What you have to do: Every line between the top of the data below and the line with "use bytes::Bytes;", both ends included, must be retyped exactly.

Exercise inputs:

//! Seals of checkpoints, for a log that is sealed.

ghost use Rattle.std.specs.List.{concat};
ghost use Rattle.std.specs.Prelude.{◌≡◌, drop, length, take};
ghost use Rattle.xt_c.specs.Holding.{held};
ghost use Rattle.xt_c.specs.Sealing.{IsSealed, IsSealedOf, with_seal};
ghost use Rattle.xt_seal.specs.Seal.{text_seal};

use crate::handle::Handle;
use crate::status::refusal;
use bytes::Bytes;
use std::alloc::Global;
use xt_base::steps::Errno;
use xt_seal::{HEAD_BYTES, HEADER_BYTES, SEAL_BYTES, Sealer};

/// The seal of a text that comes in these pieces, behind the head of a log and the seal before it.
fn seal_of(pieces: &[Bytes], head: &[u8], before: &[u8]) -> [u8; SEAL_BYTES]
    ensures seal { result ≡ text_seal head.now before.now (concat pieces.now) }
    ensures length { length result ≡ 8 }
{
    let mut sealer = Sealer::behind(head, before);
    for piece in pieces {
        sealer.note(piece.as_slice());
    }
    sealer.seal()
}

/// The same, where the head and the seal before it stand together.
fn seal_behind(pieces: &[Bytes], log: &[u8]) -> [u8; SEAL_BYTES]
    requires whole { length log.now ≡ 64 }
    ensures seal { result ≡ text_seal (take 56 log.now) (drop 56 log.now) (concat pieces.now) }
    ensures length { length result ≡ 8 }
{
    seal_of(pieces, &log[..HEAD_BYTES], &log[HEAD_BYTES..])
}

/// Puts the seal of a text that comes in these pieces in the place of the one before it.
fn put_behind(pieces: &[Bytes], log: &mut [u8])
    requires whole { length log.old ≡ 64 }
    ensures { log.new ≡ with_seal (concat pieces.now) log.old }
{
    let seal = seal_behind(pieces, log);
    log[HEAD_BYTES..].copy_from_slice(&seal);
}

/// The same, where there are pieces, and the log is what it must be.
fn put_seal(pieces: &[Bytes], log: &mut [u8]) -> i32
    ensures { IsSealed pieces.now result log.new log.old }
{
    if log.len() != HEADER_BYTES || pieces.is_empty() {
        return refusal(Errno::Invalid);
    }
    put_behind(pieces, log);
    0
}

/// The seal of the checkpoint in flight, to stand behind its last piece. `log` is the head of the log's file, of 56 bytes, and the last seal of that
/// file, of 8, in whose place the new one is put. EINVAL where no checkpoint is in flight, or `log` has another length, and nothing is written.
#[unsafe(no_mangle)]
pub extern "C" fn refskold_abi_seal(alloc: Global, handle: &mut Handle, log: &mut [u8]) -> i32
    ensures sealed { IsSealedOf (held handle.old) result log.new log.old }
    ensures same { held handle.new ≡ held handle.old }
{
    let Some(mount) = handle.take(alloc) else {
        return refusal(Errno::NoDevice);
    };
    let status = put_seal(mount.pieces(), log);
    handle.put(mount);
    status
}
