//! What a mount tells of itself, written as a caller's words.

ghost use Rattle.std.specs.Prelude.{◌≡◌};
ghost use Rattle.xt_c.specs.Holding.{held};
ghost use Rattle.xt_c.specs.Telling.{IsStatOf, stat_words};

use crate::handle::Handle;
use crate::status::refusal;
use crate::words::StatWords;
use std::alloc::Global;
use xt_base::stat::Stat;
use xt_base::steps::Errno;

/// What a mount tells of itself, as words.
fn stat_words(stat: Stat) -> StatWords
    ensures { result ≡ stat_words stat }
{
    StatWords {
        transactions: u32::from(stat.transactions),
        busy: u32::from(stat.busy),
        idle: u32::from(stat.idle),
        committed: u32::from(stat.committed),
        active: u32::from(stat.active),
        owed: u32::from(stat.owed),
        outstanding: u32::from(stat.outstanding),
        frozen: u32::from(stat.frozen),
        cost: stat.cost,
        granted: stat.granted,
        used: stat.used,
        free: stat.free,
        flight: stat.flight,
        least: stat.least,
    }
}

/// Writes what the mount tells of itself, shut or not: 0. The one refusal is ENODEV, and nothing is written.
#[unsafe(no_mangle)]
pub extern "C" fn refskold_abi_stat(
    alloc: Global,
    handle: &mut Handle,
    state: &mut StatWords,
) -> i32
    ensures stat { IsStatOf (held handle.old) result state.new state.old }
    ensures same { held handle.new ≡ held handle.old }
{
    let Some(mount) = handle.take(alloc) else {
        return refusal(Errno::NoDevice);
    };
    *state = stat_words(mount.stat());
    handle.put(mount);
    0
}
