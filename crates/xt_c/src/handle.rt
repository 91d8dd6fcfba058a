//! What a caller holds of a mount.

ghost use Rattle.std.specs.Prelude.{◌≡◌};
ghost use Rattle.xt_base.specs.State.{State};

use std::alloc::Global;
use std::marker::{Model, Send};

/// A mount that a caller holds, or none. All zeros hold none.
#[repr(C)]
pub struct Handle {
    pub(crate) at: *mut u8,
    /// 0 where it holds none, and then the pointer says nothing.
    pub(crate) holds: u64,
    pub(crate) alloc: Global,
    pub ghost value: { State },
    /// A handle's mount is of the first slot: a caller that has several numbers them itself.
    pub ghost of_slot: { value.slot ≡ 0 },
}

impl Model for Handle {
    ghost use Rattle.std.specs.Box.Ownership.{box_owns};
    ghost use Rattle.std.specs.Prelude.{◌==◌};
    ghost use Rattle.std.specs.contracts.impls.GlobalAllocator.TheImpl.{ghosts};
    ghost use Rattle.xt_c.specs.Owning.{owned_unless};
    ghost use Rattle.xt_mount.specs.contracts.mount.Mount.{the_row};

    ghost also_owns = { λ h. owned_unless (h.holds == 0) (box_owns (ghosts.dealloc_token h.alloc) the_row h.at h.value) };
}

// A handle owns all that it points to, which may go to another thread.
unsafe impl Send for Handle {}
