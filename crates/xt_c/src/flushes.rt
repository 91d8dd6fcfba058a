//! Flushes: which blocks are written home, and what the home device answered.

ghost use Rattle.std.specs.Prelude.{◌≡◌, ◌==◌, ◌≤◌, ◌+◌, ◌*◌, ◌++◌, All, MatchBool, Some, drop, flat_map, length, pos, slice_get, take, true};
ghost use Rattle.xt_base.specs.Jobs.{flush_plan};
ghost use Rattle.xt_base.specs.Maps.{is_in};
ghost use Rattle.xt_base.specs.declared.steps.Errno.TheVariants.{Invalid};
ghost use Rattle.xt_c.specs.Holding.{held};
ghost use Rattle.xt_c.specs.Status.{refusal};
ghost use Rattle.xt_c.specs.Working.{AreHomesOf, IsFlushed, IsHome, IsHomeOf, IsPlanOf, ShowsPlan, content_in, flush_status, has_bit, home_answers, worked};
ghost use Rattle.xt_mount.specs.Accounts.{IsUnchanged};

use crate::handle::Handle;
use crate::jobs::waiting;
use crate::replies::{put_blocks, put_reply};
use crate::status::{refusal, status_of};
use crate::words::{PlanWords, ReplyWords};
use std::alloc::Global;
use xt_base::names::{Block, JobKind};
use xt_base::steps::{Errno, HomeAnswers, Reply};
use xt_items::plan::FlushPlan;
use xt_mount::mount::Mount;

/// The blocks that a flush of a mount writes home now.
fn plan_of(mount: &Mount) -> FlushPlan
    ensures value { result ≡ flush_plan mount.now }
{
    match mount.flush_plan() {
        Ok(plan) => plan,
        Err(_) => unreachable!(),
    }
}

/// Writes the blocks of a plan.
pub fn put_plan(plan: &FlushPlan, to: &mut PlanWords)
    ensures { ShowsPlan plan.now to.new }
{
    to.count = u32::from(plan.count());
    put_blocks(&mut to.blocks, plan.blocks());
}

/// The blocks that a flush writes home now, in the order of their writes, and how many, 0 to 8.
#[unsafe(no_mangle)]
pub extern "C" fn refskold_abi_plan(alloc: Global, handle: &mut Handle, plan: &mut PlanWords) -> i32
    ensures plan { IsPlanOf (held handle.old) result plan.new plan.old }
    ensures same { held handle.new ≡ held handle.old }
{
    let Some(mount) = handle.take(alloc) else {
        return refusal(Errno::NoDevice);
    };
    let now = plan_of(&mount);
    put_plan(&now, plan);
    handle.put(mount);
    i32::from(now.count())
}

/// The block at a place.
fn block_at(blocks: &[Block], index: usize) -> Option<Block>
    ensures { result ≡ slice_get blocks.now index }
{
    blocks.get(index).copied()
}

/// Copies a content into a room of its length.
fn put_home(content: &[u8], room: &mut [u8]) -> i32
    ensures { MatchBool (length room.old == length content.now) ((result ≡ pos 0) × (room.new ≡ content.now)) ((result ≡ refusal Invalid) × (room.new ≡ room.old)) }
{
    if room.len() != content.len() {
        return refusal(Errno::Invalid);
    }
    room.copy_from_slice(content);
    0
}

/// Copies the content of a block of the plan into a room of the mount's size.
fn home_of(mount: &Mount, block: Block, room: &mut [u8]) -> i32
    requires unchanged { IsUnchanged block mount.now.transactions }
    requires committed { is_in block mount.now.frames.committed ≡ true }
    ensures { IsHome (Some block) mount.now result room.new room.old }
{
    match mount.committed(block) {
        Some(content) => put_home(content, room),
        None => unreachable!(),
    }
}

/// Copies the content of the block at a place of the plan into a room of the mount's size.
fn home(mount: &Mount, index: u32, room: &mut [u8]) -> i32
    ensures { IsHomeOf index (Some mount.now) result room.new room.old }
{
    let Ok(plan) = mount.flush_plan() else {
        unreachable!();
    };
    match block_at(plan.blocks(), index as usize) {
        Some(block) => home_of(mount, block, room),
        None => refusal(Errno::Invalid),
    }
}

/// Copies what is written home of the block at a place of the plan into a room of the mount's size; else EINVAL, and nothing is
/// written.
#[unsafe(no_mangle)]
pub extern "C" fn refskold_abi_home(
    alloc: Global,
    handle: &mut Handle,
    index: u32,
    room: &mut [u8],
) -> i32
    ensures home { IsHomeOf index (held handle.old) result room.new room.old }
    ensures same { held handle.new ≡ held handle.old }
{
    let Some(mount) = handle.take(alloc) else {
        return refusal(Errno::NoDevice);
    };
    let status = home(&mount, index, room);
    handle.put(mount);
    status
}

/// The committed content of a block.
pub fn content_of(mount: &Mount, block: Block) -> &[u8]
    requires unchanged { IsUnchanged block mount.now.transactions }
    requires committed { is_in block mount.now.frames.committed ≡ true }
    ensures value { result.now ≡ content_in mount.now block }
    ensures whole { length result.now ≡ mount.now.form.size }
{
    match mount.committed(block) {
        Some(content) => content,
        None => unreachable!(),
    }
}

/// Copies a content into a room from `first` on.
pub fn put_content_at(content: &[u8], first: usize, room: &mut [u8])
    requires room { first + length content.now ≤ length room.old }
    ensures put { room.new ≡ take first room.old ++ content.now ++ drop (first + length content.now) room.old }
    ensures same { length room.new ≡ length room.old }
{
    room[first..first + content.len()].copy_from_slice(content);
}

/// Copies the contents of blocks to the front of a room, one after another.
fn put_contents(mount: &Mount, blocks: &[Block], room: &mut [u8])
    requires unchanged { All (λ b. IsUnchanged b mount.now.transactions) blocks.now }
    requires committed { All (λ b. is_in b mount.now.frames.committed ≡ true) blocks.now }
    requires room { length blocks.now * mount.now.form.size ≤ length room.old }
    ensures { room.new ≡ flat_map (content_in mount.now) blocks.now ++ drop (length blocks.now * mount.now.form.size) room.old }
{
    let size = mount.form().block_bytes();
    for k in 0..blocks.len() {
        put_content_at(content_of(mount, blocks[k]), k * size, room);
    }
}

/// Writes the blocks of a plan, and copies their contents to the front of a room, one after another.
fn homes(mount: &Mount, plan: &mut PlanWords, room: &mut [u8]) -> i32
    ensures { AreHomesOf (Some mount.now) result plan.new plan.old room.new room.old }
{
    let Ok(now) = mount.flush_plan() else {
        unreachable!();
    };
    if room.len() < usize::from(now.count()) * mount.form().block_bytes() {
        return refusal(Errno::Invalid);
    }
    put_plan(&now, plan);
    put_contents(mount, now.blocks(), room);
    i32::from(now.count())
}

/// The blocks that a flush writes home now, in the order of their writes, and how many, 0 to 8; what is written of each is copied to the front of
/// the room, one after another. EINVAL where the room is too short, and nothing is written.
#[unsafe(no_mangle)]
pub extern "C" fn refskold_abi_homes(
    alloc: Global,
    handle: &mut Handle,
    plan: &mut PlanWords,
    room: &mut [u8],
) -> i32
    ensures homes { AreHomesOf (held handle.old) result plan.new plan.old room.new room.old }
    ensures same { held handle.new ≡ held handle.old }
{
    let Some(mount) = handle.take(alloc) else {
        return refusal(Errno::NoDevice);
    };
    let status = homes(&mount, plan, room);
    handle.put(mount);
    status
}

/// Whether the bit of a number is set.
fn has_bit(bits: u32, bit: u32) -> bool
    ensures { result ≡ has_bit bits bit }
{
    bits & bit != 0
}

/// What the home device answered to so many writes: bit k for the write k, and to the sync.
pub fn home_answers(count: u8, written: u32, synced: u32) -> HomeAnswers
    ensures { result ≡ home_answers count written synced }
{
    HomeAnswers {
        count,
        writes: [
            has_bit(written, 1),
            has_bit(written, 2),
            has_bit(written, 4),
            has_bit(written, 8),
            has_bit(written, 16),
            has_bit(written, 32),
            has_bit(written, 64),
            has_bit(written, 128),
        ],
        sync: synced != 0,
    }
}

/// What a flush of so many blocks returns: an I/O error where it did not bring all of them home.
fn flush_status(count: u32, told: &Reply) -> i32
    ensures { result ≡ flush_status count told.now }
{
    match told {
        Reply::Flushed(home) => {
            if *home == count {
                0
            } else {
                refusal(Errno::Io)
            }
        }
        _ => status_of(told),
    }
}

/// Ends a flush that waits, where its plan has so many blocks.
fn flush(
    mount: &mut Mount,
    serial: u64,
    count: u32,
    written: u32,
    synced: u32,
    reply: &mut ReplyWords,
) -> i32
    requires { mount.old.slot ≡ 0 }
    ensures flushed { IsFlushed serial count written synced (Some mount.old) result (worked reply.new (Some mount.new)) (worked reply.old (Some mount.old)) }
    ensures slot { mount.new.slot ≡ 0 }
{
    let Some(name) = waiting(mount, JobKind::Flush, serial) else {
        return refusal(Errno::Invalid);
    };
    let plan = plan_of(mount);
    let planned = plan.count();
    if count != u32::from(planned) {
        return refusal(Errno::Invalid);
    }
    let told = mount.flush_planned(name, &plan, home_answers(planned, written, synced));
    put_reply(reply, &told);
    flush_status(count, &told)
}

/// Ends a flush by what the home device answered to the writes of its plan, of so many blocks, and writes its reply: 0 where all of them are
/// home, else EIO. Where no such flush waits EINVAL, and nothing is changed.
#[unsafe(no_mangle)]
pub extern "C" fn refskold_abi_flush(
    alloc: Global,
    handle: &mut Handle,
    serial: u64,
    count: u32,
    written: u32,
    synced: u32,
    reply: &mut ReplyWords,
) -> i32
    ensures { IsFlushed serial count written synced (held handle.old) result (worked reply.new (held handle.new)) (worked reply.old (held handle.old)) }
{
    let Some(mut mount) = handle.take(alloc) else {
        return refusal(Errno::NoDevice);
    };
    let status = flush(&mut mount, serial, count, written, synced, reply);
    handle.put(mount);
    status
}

Exercise output:
//! Seals of checkpoints, for a log that is sealed.

ghost use Rattle.std.specs.List.{concat};
ghost use Rattle.std.specs.Prelude.{◌≡◌, drop, length, take};
ghost use Rattle.xt_c.specs.Holding.{held};
ghost use Rattle.xt_c.specs.Sealing.{IsSealed, IsSealedOf, with_seal};
ghost use Rattle.xt_seal.specs.Seal.{text_seal};

use crate::handle::Handle;
use crate::status::refusal;
use bytes::Bytes;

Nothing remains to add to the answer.